From the perspective of enterprise scale, the level of assets and liabilities of small and medium-sized enterprises is higher than that of large enterprises. In the second quarter, the proportion of large, medium and small enterprises with an asset-liability ratio of less than 60% was 80%, 76.9% and 74.2% respectively, and 81% in the first quarter. %, 72.7% and 73.8%. From the perspective of the industrial chain structure, the asset-liability level of the cotton textile, printing and dyeing and textile machinery industries with capital technology-intensive characteristics is relatively high, reflecting that the number of surveyed companies with an asset-liability ratio higher than 60% accounted for more than 20%; the terminal home textile industry The number of surveyed companies that reflect the asset-liability ratio of more than 60% accounted for a relatively high proportion, reaching 30.3%, an increase of 0.7 percentage points from the first quarter.
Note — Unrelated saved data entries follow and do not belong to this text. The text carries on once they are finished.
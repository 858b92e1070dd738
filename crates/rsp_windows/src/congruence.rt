// Instants that are both a closing and a multiple of a period: by the extended Euclidean algorithm, never by a walk.
ghost use Rattle.std.specs.Prelude.{◌≡◌, ℕ, ◌+◌, ◌*◌, ◌^◌, ◌<◌, ◌≤◌, IfSome, IsNone};
ghost use Rattle.rsp_spec.specs.Instants.{IsLeastIn};
ghost use Rattle.rsp_windows.specs.Congruences.{IsBezout, IsRow, IsShared};

// a common divisor, and how many times the one number less so many times the other it is
#[derive(Clone, Copy)]
struct CommonDivisor {
    divisor: u64,
    times: u64,
    less: u64,
}

// equally spaced instants
#[derive(Clone, Copy)]
struct Row {
    first: u128,
    step: u128,
}

/// The least instant from `from` to `to` that is `base` and a whole number of slides more, and that the period divides.
pub(crate) fn next_shared(base: u64, slide: u64, period: u64, from: u64, to: u64) -> Option<u64>
    requires slide_low { 0 < slide }
    requires period_low { 0 < period }
    requires base_high { base ≤ 2 ^ 49 }
    requires slide_high { slide ≤ 2 ^ 48 }
    requires period_high { period ≤ 2 ^ 48 }
    ensures { IsLeastIn (IsShared base slide period) from to result }
{
    let row = shared_row(base, slide, period)?;
    let at = first_from(row.first, row.step, from as u128);
    if at <= to as u128 {
        Some(at as u64)
    } else {
        None
    }
}

fn shared_row(base: u64, slide: u64, period: u64) -> Option<Row>
    requires slide_low { 0 < slide }
    requires period_low { 0 < period }
    requires base_high { base ≤ 2 ^ 49 }
    requires slide_high { slide ≤ 2 ^ 48 }
    requires period_high { period ≤ 2 ^ 48 }
    ensures row { IfSome result (λ row. IsRow base slide period row.first row.step) }
    ensures none { IsNone result → (t : ℕ) → IsShared base slide period t → ⊥ }
    ensures sizes { IfSome result (λ row. (row.first ≤ 2 ^ 97) × (row.step ≤ 2 ^ 96)) }
{
    let common = divide_out(slide, period);
    if base % common.divisor != 0 {
        return None;
    }
    let missing = base.div_ceil(period) * period - base;
    let turn = (period / common.divisor) as u128;
    let number = (missing / common.divisor) as u128 * common.times as u128 % turn;
    Some(Row {
        first: base as u128 + number * slide as u128,
        step: turn * slide as u128,
    })
}

// two steps of Euclid at once, so that no coefficient is negative
fn divide_out(a: u64, b: u64) -> CommonDivisor
    requires a_low { 0 < a }
    requires b_low { 0 < b }
    ensures { IsBezout a b result.divisor result.times result.less }
{
    let rest = a % b;
    if rest == 0 {
        return CommonDivisor {
            divisor: b,
            times: 1,
            less: a / b - 1,
        };
    }
    let second = b % rest;
    if second == 0 {
        return CommonDivisor {
            divisor: rest,
            times: 1,
            less: a / b,
        };
    }
    let inner = divide_out(rest, second);
    let times = inner.times + inner.less * (b / rest);
    let less = inner.less + a / b * times;
    CommonDivisor {
        divisor: inner.divisor,
        times,
        less,
    }
}

// the first of the row at `from` or later
fn first_from(first: u128, step: u128, from: u128) -> u128
    requires moves { 0 < step }
    requires first_high { first ≤ 2 ^ 97 }
    requires step_high { step ≤ 2 ^ 96 }
    requires from_high { from ≤ 2 ^ 64 }
    ensures late { from ≤ result }
    ensures on { (j : ℕ) × (result ≡ first + j * step) }
    ensures least { (j : ℕ) → from ≤ first + j * step → result ≤ first + j * step }
{
    first + from.saturating_sub(first).div_ceil(step) * step
}
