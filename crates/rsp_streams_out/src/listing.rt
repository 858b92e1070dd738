// The rows of a bag as a list.
ghost use Rattle.std.specs.Prelude.{◌≡◌, ◌+ℤ◌, pos, List, Option, IfOk, OnOk};
ghost use Rattle.rsp_multiset.specs.Rows.{row_eq};
ghost use Rattle.rsp_multiset.specs.Weights.{only, times, weight};
ghost use Rattle.rsp_terms.specs.declared.term.Term.{Term};
ghost use Rattle.rsp_terms.specs.Same.{term_eq};

use rsp_multiset::{Bag, Cell, Row};
use rsp_terms::{Listed, Term};
use std::alloc::{AllocError, Global};

/// The rows of the bag, each as often as it is there. Fails only where memory is refused.
pub(crate) fn rows_of(alloc: Global, bag: &Bag<Term>) -> Result<Listed<Row<Term>>, AllocError>
    ensures { IfOk result (λ rows. (q : List (Option Term)) → times (row_eq term_eq) rows q ≡ weight (row_eq term_eq) bag.now q) }
{
    let mut rows = Vec::new(alloc);
    for index in 0..bag.distinct() {
        let (row, count) = bag.entry_at(index);
        push_copies(row, count, &mut rows)?;
    }
    Ok(Listed::from_vec(rows))
}

fn push_copies(row: &Row<Term>, count: u64, rows: &mut Vec<Row<Term>>) -> Result<(), AllocError>
    ensures { OnOk result ((q : List (Option Term)) → times (row_eq term_eq) rows.new.items q
        ≡ times (row_eq term_eq) rows.old.items q +ℤ only (row_eq term_eq q row.now) (pos count)) }
{
    for _ in 0..count {
        rows.push(row.share()?)?;
    }
    Ok(())
}
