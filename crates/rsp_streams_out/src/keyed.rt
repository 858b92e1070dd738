// Rows beside their texts.
use crate::cells::compare_cells;
use crate::row_text;
use rsp_multiset::Row;
use rsp_terms::Term;
use std::alloc::{AllocError, Global};
use std::cmp::Ordering;
use std::marker::Model;

// A row beside its text, by which it compares; rows of one text compare by their cells. Contracts see the row.
#[derive(Drop)]
pub(crate) struct Keyed {
    text: Vec<u8>,
    row: Row<Term>,
}

impl Model for Keyed {
    ghost use Rattle.std.specs.Prelude.{◌≡◌};
    ghost use Rattle.rsp_multiset.specs.Rows.{Cells};
    ghost use Rattle.rsp_terms.specs.declared.term.Term.{Term};
    ghost use Rattle.rsp_streams_out.specs.Rows.{row_text};

    ghost Value = { Cells Term };

    ghost view = { λ k. k.row };

    ghost invariant = { λ k. k.text.items ≡ row_text k.row };
}

impl Keyed {
    ghost use Rattle.std.specs.Prelude.{◌≡◌, IfOk};
    ghost use Rattle.rsp_streams_out.specs.Rows.{row_text};

    pub(crate) fn new(alloc: Global, row: Row<Term>) -> Result<Keyed, AllocError>
        ensures { IfOk result (λ keyed. keyed ≡ row) }
    {
        let text = row_text(alloc, &row)?;
        Ok(Keyed { text, row })
    }

    // the row with its text
    pub(crate) fn into_parts(self) -> (Row<Term>, Vec<u8>)
        ensures row { result.0 ≡ self }
        ensures text { result.1.items ≡ row_text self }
    {
        let Keyed { text, row } = self;
        (row, text)
    }
}

impl PartialEq for Keyed {
    ghost use Rattle.std.specs.Ordering.{eq_by_cmp};
    ghost use Rattle.std.specs.Cmp.{eq_by_cmp_equiv, partial_equiv_from_equiv};
    ghost use Rattle.rsp_streams_out.specs.Rows.{row_order};
    ghost use Rattle.rsp_streams_out.specs.RowOrder.{row_order_total};

    ghost eq = { eq_by_cmp row_order };

    ghost laws = { partial_equiv_from_equiv (eq_by_cmp_equiv row_order_total) };

    fn eq(&self, other: &Keyed) -> bool {
        self.cmp(other) == Ordering::Equal
    }
}

impl Eq for Keyed {
    ghost use Rattle.std.specs.Cmp.{eq_by_cmp_equiv};
    ghost use Rattle.rsp_streams_out.specs.RowOrder.{row_order_total};

    ghost laws = { eq_by_cmp_equiv row_order_total };
}

impl PartialOrd for Keyed {
    ghost use Rattle.std.specs.Prelude.{Some, refl};
    ghost use Rattle.std.specs.Cmp.{po};
    ghost use Rattle.rsp_streams_out.specs.Rows.{row_order};
    ghost use Rattle.rsp_streams_out.specs.RowOrder.{row_order_total};

    ghost partial_cmp = { λ a b. Some (row_order a b) };

    ghost laws = { po row_order_total (λ a b. refl) };

    fn partial_cmp(&self, other: &Keyed) -> Option<Ordering> {
        Some(self.cmp(other))
    }
}

impl Ord for Keyed {
    ghost use Rattle.std.specs.Prelude.{refl};
    ghost use Rattle.rsp_streams_out.specs.Rows.{row_order};
    ghost use Rattle.rsp_streams_out.specs.RowOrder.{row_order_total};

    ghost cmp = { row_order };

    ghost total = { row_order_total };

    ghost matches_partial_cmp = { λ _ _. refl };

    ghost matches_eq = { λ _ _. refl };

    fn cmp(&self, other: &Keyed) -> Ordering {
        match self.text.as_slice().cmp(other.text.as_slice()) {
            Ordering::Equal => compare_cells(self.row.cells(), other.row.cells()),
            unequal => unequal,
        }
    }
}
In the survey on the reasons affecting the change in the company’s asset-liability ratio (multiple choices available), the key companies participating in the survey reported "increased or decreased accounts receivable" and "unknown market expectations, fluctuations in investment in capacity expansion and technological transformation" are the most important the reason. According to the survey results, the proportions of companies that chose these two items in the first quarter were 54.9% and 34.7%; in the second quarter, they were 44.7% and 37.9%. In addition, "restricted financing channels" is also the main reason for the fluctuations in the asset-liability ratio. The number of companies that chose this option accounted for 15.2%, an increase of 1.3 percentage points from the first quarter.
According to statistical data and surveys of key enterprises, the textile industry's leverage ratio is basically stable at this stage, and operational risks are generally controllable. However, it is worth noting that due to the impact of the epidemic, the financing needs generated by textile companies are more based on short-term liquidity needs such as the payment of workers' wages, rather than the expansion of long-term production and business activities. There is a certain degree of mismatch between the stable and rising asset-liability ratio and the economic activities that are significantly lower than in previous years, which suggests a certain degree of asset risk. Under difficult circumstances, it is recommended that companies pay great attention to the safety of the capital chain, stabilize the level of leverage, continue to improve the level of comprehensive management, and enhance the development resilience against downside risks.